-- What you have to do --
Take each line from the entries that holds "IsFlat" and copy it out.

--- Exercise materials Enclosed Below ---

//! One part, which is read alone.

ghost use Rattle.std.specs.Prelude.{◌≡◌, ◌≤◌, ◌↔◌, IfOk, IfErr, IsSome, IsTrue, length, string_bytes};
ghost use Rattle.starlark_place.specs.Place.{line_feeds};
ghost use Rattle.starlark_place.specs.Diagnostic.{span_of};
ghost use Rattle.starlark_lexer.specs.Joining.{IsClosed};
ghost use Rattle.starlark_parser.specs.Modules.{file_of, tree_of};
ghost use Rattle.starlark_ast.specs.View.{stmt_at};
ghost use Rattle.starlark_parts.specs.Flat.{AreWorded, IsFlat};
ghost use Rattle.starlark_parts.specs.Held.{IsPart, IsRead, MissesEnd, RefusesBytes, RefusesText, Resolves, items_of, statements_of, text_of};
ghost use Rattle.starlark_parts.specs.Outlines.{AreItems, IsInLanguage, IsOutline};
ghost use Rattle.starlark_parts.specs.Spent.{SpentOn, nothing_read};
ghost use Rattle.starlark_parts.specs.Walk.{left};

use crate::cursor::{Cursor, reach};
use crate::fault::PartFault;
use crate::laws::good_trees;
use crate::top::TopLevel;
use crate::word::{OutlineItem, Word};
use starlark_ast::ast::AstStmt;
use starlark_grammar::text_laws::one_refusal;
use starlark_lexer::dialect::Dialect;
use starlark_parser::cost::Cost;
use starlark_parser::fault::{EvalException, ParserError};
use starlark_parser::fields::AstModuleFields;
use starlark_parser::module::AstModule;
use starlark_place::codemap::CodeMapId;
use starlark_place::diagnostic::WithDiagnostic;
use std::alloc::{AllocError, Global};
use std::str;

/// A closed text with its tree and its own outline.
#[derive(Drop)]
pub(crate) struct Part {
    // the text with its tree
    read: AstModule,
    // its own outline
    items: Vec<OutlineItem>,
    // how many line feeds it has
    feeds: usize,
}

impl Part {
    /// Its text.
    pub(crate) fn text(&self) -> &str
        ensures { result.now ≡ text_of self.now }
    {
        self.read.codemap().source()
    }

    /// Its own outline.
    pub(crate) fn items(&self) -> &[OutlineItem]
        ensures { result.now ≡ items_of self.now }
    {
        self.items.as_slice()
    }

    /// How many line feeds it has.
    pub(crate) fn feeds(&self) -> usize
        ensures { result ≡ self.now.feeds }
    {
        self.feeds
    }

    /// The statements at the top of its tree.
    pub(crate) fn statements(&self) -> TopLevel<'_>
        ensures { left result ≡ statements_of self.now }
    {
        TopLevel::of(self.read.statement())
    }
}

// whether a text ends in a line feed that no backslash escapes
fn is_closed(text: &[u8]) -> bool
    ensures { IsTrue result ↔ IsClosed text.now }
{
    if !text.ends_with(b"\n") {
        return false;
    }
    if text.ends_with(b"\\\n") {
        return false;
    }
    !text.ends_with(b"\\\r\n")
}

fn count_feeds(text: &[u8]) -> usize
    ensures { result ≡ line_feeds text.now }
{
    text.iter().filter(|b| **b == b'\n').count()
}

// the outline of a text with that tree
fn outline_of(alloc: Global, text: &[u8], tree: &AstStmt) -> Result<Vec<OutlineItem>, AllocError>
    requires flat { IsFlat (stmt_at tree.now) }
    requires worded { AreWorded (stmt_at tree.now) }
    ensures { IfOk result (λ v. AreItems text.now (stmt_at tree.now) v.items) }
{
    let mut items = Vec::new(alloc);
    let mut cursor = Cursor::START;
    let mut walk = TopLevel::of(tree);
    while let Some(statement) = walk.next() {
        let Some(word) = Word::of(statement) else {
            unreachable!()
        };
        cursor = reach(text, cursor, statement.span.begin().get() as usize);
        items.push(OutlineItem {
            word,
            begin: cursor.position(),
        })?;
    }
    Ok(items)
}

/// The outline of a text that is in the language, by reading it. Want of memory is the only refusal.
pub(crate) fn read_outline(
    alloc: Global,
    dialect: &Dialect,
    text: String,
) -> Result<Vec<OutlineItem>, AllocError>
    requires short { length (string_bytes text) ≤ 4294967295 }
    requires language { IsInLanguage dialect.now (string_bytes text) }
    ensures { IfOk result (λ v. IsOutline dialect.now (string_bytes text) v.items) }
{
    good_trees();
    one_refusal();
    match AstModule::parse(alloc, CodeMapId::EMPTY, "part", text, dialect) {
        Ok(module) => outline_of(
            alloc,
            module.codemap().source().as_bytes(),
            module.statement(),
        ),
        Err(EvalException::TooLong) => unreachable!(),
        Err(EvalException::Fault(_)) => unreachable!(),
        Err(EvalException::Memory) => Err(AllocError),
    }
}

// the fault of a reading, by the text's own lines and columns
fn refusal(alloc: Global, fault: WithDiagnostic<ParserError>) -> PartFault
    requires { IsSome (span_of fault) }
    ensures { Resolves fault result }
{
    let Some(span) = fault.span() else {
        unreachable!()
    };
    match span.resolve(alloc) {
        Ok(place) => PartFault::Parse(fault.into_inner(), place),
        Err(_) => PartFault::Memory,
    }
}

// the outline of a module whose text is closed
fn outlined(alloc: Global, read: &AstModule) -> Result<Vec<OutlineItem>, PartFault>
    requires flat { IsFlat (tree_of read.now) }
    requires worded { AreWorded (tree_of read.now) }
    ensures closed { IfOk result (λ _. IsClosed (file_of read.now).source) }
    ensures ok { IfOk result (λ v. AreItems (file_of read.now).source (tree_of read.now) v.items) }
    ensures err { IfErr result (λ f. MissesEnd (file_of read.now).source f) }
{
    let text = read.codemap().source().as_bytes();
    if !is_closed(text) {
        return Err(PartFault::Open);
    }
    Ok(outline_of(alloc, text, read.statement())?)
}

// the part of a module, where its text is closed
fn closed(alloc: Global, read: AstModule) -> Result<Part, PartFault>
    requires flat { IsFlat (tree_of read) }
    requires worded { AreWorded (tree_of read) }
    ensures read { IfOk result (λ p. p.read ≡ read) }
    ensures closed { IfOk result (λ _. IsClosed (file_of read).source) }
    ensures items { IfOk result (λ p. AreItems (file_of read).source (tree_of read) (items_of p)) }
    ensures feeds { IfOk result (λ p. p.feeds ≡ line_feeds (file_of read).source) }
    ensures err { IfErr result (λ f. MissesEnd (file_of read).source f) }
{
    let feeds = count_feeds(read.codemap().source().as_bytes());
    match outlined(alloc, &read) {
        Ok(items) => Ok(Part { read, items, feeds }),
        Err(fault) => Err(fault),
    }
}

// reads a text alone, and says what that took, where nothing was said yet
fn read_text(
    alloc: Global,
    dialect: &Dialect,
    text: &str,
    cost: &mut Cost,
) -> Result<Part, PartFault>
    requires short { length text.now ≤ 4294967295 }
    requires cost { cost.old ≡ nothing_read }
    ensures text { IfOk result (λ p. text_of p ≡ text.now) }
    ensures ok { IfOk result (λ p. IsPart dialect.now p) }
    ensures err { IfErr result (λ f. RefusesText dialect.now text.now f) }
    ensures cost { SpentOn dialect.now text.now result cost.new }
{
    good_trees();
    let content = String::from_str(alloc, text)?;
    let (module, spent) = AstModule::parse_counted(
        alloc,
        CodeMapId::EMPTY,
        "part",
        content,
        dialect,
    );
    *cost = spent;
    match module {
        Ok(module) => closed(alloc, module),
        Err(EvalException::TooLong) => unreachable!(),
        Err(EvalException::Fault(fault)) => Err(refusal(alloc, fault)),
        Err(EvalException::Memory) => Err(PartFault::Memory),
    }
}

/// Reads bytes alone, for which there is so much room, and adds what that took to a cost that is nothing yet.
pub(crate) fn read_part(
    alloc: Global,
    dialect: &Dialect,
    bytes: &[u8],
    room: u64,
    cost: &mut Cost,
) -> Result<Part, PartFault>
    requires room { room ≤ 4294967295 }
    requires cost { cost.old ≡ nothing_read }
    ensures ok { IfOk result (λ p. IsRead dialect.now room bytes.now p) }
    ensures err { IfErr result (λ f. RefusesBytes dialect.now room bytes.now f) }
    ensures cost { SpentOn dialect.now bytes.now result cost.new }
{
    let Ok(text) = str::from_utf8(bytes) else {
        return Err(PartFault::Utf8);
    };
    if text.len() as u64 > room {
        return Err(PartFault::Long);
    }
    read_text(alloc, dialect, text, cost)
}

--- End of Enclosed Exercise materials ---
--- Exercise materials Enclosed Below ---

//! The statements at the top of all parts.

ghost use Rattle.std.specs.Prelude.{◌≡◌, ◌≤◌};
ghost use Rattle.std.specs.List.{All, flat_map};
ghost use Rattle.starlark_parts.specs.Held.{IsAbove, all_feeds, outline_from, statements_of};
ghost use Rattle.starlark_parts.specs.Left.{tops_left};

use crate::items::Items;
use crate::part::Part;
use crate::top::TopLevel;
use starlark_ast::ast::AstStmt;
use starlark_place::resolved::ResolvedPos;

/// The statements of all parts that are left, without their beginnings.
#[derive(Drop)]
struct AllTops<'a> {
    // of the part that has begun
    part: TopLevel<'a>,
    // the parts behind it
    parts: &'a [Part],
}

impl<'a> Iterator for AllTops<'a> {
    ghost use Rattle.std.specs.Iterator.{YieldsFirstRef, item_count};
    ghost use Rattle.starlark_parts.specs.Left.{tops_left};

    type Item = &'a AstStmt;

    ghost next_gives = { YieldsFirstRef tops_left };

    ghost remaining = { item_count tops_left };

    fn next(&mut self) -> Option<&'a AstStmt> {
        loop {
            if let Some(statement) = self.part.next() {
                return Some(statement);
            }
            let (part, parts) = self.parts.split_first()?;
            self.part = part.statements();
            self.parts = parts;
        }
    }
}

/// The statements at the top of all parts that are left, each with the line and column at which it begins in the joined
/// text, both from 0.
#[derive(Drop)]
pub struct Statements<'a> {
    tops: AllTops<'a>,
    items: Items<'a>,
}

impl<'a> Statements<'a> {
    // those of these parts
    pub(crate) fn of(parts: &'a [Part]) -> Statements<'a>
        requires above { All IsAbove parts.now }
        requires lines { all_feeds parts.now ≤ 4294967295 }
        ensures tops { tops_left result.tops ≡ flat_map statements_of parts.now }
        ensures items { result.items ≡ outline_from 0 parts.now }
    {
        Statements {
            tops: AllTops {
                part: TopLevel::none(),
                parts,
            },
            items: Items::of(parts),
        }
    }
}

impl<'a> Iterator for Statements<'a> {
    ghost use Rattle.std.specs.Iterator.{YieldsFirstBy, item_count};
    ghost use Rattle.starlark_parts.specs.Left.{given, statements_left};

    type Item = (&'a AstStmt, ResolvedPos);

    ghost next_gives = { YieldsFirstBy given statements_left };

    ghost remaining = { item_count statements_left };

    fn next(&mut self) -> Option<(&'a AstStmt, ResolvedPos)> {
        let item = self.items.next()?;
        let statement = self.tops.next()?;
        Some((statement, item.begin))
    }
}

--- End of Enclosed Exercise materials ---
--- Exercise materials Enclosed Below ---

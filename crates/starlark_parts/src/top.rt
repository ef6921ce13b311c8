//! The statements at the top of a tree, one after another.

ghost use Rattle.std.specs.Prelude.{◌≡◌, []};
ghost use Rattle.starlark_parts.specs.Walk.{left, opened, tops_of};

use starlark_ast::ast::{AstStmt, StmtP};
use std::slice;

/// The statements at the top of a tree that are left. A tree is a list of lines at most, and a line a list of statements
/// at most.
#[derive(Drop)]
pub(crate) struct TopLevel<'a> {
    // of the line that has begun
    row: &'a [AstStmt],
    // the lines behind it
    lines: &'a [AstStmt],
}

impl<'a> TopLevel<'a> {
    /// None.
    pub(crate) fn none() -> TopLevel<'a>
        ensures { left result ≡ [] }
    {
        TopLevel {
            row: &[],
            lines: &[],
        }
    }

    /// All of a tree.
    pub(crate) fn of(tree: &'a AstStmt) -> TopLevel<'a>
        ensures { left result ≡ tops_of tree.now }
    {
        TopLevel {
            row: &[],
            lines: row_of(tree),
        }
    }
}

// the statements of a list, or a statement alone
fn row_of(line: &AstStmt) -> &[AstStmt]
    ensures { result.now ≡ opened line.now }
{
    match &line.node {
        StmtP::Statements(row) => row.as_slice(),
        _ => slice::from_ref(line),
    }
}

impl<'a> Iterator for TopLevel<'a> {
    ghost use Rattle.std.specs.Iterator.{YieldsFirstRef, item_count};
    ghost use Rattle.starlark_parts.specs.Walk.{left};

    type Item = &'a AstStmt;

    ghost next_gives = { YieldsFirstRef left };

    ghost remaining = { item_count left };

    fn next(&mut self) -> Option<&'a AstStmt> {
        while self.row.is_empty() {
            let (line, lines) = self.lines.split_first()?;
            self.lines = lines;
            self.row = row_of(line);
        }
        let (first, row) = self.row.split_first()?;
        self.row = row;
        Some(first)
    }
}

--- End of Enclosed Exercise materials ---

-- Response box --
ghost use Rattle.starlark_parts.specs.Flat.{AreWorded, IsFlat};
    requires flat { IsFlat (stmt_at tree.now) }
    requires flat { IsFlat (tree_of read.now) }
    requires flat { IsFlat (tree_of read) }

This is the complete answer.